** Supplied material follows **

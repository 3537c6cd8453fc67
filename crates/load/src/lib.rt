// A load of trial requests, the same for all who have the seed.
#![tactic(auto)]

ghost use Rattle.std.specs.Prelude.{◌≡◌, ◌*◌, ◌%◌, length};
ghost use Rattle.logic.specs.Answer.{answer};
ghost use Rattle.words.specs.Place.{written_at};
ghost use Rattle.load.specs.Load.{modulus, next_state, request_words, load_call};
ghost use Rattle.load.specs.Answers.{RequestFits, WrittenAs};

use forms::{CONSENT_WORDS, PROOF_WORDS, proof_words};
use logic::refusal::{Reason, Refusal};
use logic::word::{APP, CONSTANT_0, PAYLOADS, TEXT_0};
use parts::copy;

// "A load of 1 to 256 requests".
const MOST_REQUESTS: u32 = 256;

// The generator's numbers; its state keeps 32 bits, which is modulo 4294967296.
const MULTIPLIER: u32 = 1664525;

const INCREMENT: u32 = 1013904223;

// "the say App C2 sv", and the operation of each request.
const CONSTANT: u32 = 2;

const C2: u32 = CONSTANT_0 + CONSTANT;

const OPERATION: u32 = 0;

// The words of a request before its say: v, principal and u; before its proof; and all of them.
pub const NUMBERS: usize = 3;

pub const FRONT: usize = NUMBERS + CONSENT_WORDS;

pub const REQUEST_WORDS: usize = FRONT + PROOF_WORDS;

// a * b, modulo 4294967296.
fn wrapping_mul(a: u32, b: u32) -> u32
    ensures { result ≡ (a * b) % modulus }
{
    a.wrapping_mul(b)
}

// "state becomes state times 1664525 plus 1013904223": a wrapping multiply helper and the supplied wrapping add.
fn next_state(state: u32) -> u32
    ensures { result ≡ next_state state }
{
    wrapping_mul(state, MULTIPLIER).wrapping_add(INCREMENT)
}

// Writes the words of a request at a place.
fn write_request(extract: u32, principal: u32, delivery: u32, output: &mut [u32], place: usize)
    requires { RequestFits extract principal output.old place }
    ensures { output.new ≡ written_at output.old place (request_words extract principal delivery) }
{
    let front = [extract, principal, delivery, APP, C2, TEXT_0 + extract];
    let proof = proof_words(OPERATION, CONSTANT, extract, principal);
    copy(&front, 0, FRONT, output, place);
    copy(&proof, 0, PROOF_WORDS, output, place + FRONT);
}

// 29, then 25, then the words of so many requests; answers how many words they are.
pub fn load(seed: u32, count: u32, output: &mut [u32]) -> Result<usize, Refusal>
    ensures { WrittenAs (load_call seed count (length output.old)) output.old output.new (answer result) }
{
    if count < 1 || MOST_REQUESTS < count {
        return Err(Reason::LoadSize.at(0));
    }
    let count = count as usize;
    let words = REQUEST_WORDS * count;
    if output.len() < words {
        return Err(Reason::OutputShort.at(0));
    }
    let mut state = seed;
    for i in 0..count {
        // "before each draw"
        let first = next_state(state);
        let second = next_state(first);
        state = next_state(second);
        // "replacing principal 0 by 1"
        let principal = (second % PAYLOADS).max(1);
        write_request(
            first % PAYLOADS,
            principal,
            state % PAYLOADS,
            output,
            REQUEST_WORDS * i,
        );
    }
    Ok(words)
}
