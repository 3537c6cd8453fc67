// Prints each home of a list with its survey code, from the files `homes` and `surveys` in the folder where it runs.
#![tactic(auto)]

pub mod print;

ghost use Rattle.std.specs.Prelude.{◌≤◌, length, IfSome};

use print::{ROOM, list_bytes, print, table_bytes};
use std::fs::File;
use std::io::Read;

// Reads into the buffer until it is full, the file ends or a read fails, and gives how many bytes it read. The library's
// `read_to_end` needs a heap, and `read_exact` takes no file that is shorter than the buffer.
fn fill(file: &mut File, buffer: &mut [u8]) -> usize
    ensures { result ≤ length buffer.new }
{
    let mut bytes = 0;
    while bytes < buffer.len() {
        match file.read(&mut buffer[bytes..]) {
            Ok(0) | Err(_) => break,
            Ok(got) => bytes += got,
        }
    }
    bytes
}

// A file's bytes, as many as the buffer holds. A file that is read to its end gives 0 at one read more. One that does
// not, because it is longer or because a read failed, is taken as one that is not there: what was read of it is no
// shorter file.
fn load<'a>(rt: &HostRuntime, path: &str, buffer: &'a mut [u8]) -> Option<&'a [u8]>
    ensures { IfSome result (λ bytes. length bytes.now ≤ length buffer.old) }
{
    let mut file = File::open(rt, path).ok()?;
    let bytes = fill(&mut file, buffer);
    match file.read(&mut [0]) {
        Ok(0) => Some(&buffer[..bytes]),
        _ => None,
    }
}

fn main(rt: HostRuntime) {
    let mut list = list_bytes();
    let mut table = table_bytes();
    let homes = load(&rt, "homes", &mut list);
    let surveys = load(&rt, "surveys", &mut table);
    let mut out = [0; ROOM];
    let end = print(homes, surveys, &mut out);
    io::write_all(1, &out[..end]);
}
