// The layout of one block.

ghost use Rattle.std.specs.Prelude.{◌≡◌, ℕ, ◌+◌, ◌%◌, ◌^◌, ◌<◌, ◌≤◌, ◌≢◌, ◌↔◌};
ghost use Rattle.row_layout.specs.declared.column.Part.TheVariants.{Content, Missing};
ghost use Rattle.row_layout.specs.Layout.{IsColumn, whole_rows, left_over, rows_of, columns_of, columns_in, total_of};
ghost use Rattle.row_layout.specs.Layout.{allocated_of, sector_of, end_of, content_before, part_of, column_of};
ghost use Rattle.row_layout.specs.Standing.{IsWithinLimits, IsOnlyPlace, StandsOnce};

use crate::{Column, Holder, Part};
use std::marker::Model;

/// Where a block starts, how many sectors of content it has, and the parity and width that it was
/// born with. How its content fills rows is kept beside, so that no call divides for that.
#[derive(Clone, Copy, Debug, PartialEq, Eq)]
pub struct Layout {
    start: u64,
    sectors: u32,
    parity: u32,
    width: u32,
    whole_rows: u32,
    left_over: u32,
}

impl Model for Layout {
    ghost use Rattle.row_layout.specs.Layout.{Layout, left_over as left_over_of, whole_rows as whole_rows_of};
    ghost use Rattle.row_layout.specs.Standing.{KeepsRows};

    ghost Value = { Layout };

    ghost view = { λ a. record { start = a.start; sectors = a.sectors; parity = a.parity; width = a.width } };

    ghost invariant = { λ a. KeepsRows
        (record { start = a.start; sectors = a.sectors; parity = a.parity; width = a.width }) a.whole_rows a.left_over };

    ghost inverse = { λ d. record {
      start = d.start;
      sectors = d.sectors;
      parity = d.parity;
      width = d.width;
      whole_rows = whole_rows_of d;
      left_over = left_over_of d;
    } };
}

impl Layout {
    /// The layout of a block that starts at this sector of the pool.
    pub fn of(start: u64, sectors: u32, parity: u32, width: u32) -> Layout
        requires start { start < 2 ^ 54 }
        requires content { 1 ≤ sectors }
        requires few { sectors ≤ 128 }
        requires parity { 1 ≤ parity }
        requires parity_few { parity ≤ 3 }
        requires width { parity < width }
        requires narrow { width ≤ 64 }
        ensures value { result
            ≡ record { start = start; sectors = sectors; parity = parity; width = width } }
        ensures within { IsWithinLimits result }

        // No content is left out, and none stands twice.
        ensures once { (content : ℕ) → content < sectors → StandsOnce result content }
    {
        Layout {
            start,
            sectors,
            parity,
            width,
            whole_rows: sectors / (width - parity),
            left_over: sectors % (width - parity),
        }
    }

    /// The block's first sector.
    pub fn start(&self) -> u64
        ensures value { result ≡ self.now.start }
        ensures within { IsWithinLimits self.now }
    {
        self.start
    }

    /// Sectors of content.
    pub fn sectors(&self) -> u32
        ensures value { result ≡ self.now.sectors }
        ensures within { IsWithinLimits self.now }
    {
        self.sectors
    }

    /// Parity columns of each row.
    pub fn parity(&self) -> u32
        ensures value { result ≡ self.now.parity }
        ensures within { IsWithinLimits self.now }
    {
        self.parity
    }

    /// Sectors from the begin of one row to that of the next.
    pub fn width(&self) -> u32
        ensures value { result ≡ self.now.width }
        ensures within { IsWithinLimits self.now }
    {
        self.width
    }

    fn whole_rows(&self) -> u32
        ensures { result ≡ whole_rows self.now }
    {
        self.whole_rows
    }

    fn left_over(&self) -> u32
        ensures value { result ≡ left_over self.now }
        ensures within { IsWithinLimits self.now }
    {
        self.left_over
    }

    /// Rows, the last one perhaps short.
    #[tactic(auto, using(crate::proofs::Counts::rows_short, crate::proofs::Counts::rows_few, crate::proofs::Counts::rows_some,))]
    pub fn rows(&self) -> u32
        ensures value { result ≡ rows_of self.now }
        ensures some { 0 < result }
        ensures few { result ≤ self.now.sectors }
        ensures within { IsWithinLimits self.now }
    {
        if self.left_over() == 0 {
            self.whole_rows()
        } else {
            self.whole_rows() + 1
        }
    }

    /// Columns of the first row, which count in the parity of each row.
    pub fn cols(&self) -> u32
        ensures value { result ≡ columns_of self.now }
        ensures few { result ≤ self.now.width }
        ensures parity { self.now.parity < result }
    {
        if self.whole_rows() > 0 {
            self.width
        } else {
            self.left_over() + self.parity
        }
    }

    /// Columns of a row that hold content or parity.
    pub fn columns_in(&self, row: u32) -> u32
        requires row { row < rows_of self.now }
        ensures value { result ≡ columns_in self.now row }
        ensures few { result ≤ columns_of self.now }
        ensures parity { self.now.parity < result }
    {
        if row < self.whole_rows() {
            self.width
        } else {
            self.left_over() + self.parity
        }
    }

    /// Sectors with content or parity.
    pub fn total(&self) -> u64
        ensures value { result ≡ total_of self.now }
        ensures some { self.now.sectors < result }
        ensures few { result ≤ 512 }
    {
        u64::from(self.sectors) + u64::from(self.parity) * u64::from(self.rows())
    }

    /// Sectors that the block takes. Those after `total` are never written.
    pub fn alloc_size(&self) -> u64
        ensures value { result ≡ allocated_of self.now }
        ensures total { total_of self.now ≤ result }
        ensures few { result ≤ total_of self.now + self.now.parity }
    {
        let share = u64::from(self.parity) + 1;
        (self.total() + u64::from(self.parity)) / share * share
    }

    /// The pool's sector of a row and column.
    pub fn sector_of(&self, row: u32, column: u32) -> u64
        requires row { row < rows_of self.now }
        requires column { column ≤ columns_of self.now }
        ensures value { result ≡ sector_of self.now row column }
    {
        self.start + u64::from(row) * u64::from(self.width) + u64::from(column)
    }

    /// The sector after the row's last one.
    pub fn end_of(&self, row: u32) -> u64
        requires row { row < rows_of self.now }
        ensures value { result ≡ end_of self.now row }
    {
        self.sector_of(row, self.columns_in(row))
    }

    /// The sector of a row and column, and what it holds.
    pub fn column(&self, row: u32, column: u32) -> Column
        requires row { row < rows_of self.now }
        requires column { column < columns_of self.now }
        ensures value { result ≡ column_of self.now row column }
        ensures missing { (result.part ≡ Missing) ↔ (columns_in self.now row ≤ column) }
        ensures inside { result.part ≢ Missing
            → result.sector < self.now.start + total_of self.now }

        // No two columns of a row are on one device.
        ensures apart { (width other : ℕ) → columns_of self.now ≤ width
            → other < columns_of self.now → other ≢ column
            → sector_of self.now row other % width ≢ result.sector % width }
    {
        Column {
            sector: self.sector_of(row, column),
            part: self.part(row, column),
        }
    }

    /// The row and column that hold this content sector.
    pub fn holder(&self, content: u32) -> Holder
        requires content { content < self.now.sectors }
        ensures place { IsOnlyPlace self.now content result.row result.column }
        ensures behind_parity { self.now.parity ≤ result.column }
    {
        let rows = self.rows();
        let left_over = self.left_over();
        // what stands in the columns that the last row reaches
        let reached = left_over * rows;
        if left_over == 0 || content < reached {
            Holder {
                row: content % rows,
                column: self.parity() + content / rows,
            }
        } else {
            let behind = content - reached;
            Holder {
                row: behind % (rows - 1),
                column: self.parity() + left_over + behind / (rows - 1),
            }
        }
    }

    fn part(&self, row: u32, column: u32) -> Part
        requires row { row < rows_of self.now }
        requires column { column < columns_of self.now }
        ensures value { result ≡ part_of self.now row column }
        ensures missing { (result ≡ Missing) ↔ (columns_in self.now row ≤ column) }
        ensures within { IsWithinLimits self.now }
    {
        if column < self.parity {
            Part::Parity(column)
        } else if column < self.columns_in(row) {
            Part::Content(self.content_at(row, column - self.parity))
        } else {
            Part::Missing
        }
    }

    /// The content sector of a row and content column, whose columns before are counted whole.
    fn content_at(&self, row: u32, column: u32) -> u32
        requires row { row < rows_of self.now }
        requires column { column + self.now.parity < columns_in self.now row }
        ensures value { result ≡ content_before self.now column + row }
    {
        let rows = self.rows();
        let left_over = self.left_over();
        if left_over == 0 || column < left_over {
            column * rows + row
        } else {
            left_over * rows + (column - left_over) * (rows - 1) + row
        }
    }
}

** End of Supplied material **

Aim of the task: Above are the entries. Output exactly the lines beginning with the line that has "result ≤ length" and ending with the line that has "One that does".

Solution to this problem:
    ensures { result ≤ length buffer.new }
{
    let mut bytes = 0;
    while bytes < buffer.len() {
        match file.read(&mut buffer[bytes..]) {
            Ok(0) | Err(_) => break,
            Ok(got) => bytes += got,
        }
    }
    bytes
}

// A file's bytes, as many as the buffer holds. A file that is read to its end gives 0 at one read more. One that does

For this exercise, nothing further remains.